查看更多>>摘要:Perforation is critical to create a flow pathway between a shale reservoir and the production casing for hydraulic fracturing. However, the damage characteristics of shales by abrasive waterjet (AWJ) remain unclear. To address this concern, AWJ experiment is conducted for three types of shale with different mineral compositions, including siliceous shale, calcareous shale, and carbonaceous shale. X-ray diffractometry measures the content of mineral components. A rock mechanics test system obtains the main physical and mechanical parameters of shale samples. Scanning electron microscope (SEM) and acoustic emission (AE) are used to analyze the damage characteristics. The results indicate that siliceous shale with more brittle minerals is beneficial for the AWJ to create a larger perforation effectively, while carbonaceous shale with more clay minerals significantly lowers AWJ performance. For the shale with more brittle minerals, abrasive erosion and matrix spallation govern shale failures.
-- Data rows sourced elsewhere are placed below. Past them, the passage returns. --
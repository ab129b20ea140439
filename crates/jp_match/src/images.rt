//! The plain matcher: for each part of a pattern, the offsets that its words reach.

ghost use Rattle.std.specs.Prelude.{◌≡◌, ◌↔◌, ◌≤◌, IfOk, IsTrue, map, ◌∷◌, []};
ghost use Rattle.std.specs.Str.{chars};
ghost use Rattle.jp_iregexp.specs.Tree.{tree, pieces, branches, repeat};
ghost use Rattle.jp_iregexp.specs.Language.{Language, Power};
ghost use Rattle.jp_match.specs.Private.Counts.{IsMostAfter, Times};
ghost use Rattle.jp_match.specs.Part.{HasPart};
ghost use Rattle.jp_match.specs.Private.Offset.{IsOver, IsImage};
ghost use Rattle.jp_match.specs.Private.Rows.{AreKnown, EachKnown, marks_of, rows_of, parts_of};
ghost use Rattle.jp_match.specs.Private.Search.{IsFound, Leads};

use crate::class_tests::Tests;
use crate::offsets::{
    Offsets, assign, clear, copy_of, every, is_any, is_settled, none, only, remove, shift, unite,
};
use crate::passing::pass;
use crate::relations::known_parts;
use crate::rows::{Rows, follow, rows_at};
use crate::scan::MOST_POSITIONS;
use crate::search::{Ground, Search};
use jp_iregexp::{Pattern, positions};
use std::alloc::{AllocError, Global};
use std::mem;

/// The plain matcher. It goes down the pattern and keeps sets of offsets in the text, a mark for
/// each offset. A repeat of few positions is one pass over the text. Any other goes on only while
/// its set changes, so it ends after about as many rounds as the text has characters, however large
/// its counts.
///
/// Where repeats stand more than two deep inside one another, each part in which they still stand
/// two deep is gone over once from each single offset, and a round puts these images together. For
/// a text of n characters they take a block of `n^2` bytes for each such part of the pattern.
#[derive(Clone, Copy, Debug, Default)]
pub struct Images;

impl Images {
    /// Whether the text is in the language of the pattern (RFC 9485 section 4; RFC 9535 section
    /// 2.4.6).
    pub fn whole(
        &self,
        alloc: Global,
        pattern: &Pattern,
        text: &str,
        tests: &mut Tests,
    ) -> Result<bool, AllocError>
        ensures exact { IfOk result (λ answer. IsTrue answer ↔ Language (tree pattern.now) (chars
            text.now)) }
        ensures kept { tests.old ≤ tests.new }
    {
        let text = characters(alloc, text)?;
        let ground = Ground { alloc, text: &text };
        let start = only(ground, 0)?;
        let offsets = reached_from(pattern, ground, start, tests)?;
        Ok(offsets[text.len()])
    }

    /// Whether some part of the text is in the language of the pattern, the empty parts included
    /// (RFC 9535 section 2.4.7).
    pub fn part(
        &self,
        alloc: Global,
        pattern: &Pattern,
        text: &str,
        tests: &mut Tests,
    ) -> Result<bool, AllocError>
        ensures exact { IfOk result (λ answer. IsTrue answer ↔ HasPart (Language (tree
            pattern.now)) (chars text.now)) }
        ensures kept { tests.old ≤ tests.new }
    {
        let text = characters(alloc, text)?;
        let ground = Ground { alloc, text: &text };
        let start = every(ground)?;
        let offsets = reached_from(pattern, ground, start, tests)?;
        Ok(is_any(&offsets))
    }
}

/// The characters of the text.
fn characters(alloc: Global, text: &str) -> Result<Vec<char>, AllocError>
    ensures { IfOk result (λ characters. characters.items ≡ chars text.now) }
{
    text.chars().collect(alloc)
}

/// The offsets that a word of the pattern reaches from these.
fn reached_from(
    pattern: &Pattern,
    ground: Ground<'_>,
    offsets: Offsets,
    tests: &mut Tests,
) -> Result<Offsets, AllocError>
    requires { IsOver offsets.items ground.text.now }
    ensures { IsFound (λ to. IsImage (Language (tree pattern.now)) ground.entry.text.now
        offsets.items to.items) tests.old tests.new result }
{
    let known = known_parts(pattern, ground, tests)?;
    image_of(pattern, &known, ground, offsets, tests)
}

/// The offsets that a word of the pattern reaches from these, by what is known of its parts.
pub(crate) fn image_of(
    pattern: &Pattern,
    known: &[Rows],
    ground: Ground<'_>,
    offsets: Offsets,
    tests: &mut Tests,
) -> Result<Offsets, AllocError>
    requires sized { IsOver offsets.items ground.text.now }
    requires known { EachKnown (parts_of (tree pattern.now)) ground.text.now (rows_of known.now) }
    ensures { IsFound (λ to. IsImage (Language (tree pattern.now)) ground.entry.text.now
        offsets.items to.items) tests.old tests.new result }
{
    let mut search = Search {
        ground,
        offsets,
        tests: Tests::new(),
    };
    mem::swap(&mut search.tests, tests);
    let led = image(pattern, known, &mut search);
    mem::swap(&mut search.tests, tests);
    led?;
    let Search { offsets, .. } = search;
    Ok(offsets)
}

/// Replaces the offsets by those that a word of the pattern reaches from them.
#[cycle(images)]
fn image(pattern: &Pattern, known: &[Rows], search: &mut Search<'_>) -> Result<(), AllocError>
    requires { EachKnown (parts_of (tree pattern.now)) search.old.ground.text.now (rows_of
        known.now) }
    ensures { Leads (Language (tree pattern.now)) search.old search.new result }
{
    match pattern {
        Pattern::Either(branches) => either_image(branches, known, search),
        Pattern::Sequence(pieces) => sequence_image(pieces, known, search),
        Pattern::Repeat { .. } if positions(pattern) <= MOST_POSITIONS => pass(pattern, search),
        Pattern::Repeat { inner, least, most } => {
            repeat_image(inner, known, *least, *most, search)
        }
        Pattern::Class(class) => {
            shift(
                class,
                search.ground.text,
                &mut search.offsets,
                &mut search.tests,
            );
            Ok(())
        }
    }
}

/// Replaces the offsets by those that a part of a pattern reaches: by its rows, where they are
/// known.
#[cycle(images)]
fn part_image(part: &Pattern, rows: &[Offsets], search: &mut Search<'_>) -> Result<(), AllocError>
    requires { AreKnown (Language (tree part.now)) search.old.ground.text.now (marks_of rows.now) }
    ensures { Leads (Language (tree part.now)) search.old search.new result }
{
    if rows.is_empty() {
        return image(part, &[], search);
    }
    follow(rows, search.ground.alloc, &mut search.offsets)
}

/// Replaces the offsets by those that branches reach: from the same offsets each, and together what
/// they reach.
#[cycle(images)]
fn either_image(
    parts: &[Pattern],
    known: &[Rows],
    search: &mut Search<'_>,
) -> Result<(), AllocError>
    requires { EachKnown (map tree parts.now) search.old.ground.text.now (rows_of known.now) }
    ensures { Leads (Language (branches (map tree parts.now))) search.old search.new result }
{
    let alloc = search.ground.alloc;
    let from = copy_of(alloc, &search.offsets)?;
    let mut reached = none(alloc, from.len())?;
    for (i, branch) in parts.iter().enumerate() {
        assign(&mut search.offsets, &from);
        part_image(branch, rows_at(known, i), search)?;
        unite(&mut reached, &search.offsets);
    }
    mem::swap(&mut search.offsets, &mut reached);
    Ok(())
}

/// Replaces the offsets by those that pieces reach, one after another.
#[cycle(images)]
fn sequence_image(
    parts: &[Pattern],
    known: &[Rows],
    search: &mut Search<'_>,
) -> Result<(), AllocError>
    requires { EachKnown (map tree parts.now) search.old.ground.text.now (rows_of known.now) }
    ensures { Leads (Language (pieces (map tree parts.now))) search.old search.new result }
{
    for (i, piece) in parts.iter().enumerate() {
        part_image(piece, rows_at(known, i), search)?;
    }
    Ok(())
}

/// Replaces the offsets by those that a repeat reaches: the least number of words, and then more of
/// them up to the most.
#[cycle(images)]
fn repeat_image(
    inner: &Pattern,
    known: &[Rows],
    least: u32,
    most: Option<u32>,
    search: &mut Search<'_>,
) -> Result<(), AllocError>
    requires { EachKnown (tree inner.now ∷ []) search.old.ground.text.now (rows_of known.now) }
    ensures { Leads (Language (repeat (tree inner.now) least most)) search.old search.new result }
{
    let Some(more) = most_after(most, least) else {
        clear(&mut search.offsets);
        return Ok(());
    };
    let rows = rows_at(known, 0);
    exactly_image(inner, rows, least, search)?;
    at_most_image(inner, rows, more, search)
}

/// The most words that may still follow once some are taken, where there is a most; none where so
/// many may not be taken.
fn most_after(most: Option<u32>, taken: u32) -> Option<Option<u32>>
    ensures { IsMostAfter most taken result }
{
    match most {
        None => Some(None),
        Some(most) => Some(Some(most.checked_sub(taken)?)),
    }
}

/// Replaces the offsets by those that exactly so many words of the pattern reach. Once a word more
/// reaches the same offsets, so do all further ones.
#[cycle(images)]
fn exactly_image(
    inner: &Pattern,
    rows: &[Offsets],
    count: u32,
    search: &mut Search<'_>,
) -> Result<(), AllocError>
    requires { AreKnown (Language (tree inner.now)) search.old.ground.text.now (marks_of rows.now) }
    ensures { Leads (Power (Language (tree inner.now)) count) search.old search.new result }
{
    let mut before = copy_of(search.ground.alloc, &search.offsets)?;
    for _ in 0..count {
        part_image(inner, rows, search)?;
        if is_settled(&search.offsets, &before) {
            break;
        }
        assign(&mut before, &search.offsets);
    }
    Ok(())
}

/// Replaces the offsets by those that at most so many words of the pattern reach. Only the offsets
/// that are new go on.
#[cycle(images)]
fn at_most_image(
    inner: &Pattern,
    rows: &[Offsets],
    most: Option<u32>,
    search: &mut Search<'_>,
) -> Result<(), AllocError>
    requires { AreKnown (Language (tree inner.now)) search.old.ground.text.now (marks_of rows.now) }
    ensures { Leads (Times (Language (tree inner.now)) most) search.old search.new result }
{
    let mut reached = none(search.ground.alloc, search.offsets.len())?;
    let mut left = most;
    while is_any(&search.offsets) {
        unite(&mut reached, &search.offsets);
        let Some(fewer) = most_after(left, 1) else {
            break;
        };
        left = fewer;
        part_image(inner, rows, search)?;
        remove(&mut search.offsets, &reached);
    }
    mem::swap(&mut search.offsets, &mut reached);
    Ok(())
}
As the clay content increases, the primary rock damage is abrasive cutting leading to the transgranular fracture. AE signals induced by AWJ impact could reflect breaking mechanisms and identify the difference in shale lithology. The energy dissipation gradually reduces during the AWJ process. Also, the dissipation has a negative linear correlation with the content of brittle minerals. This study provides fundamental insight into understanding shale damage by AWJ impact to optimize the perforation scheme.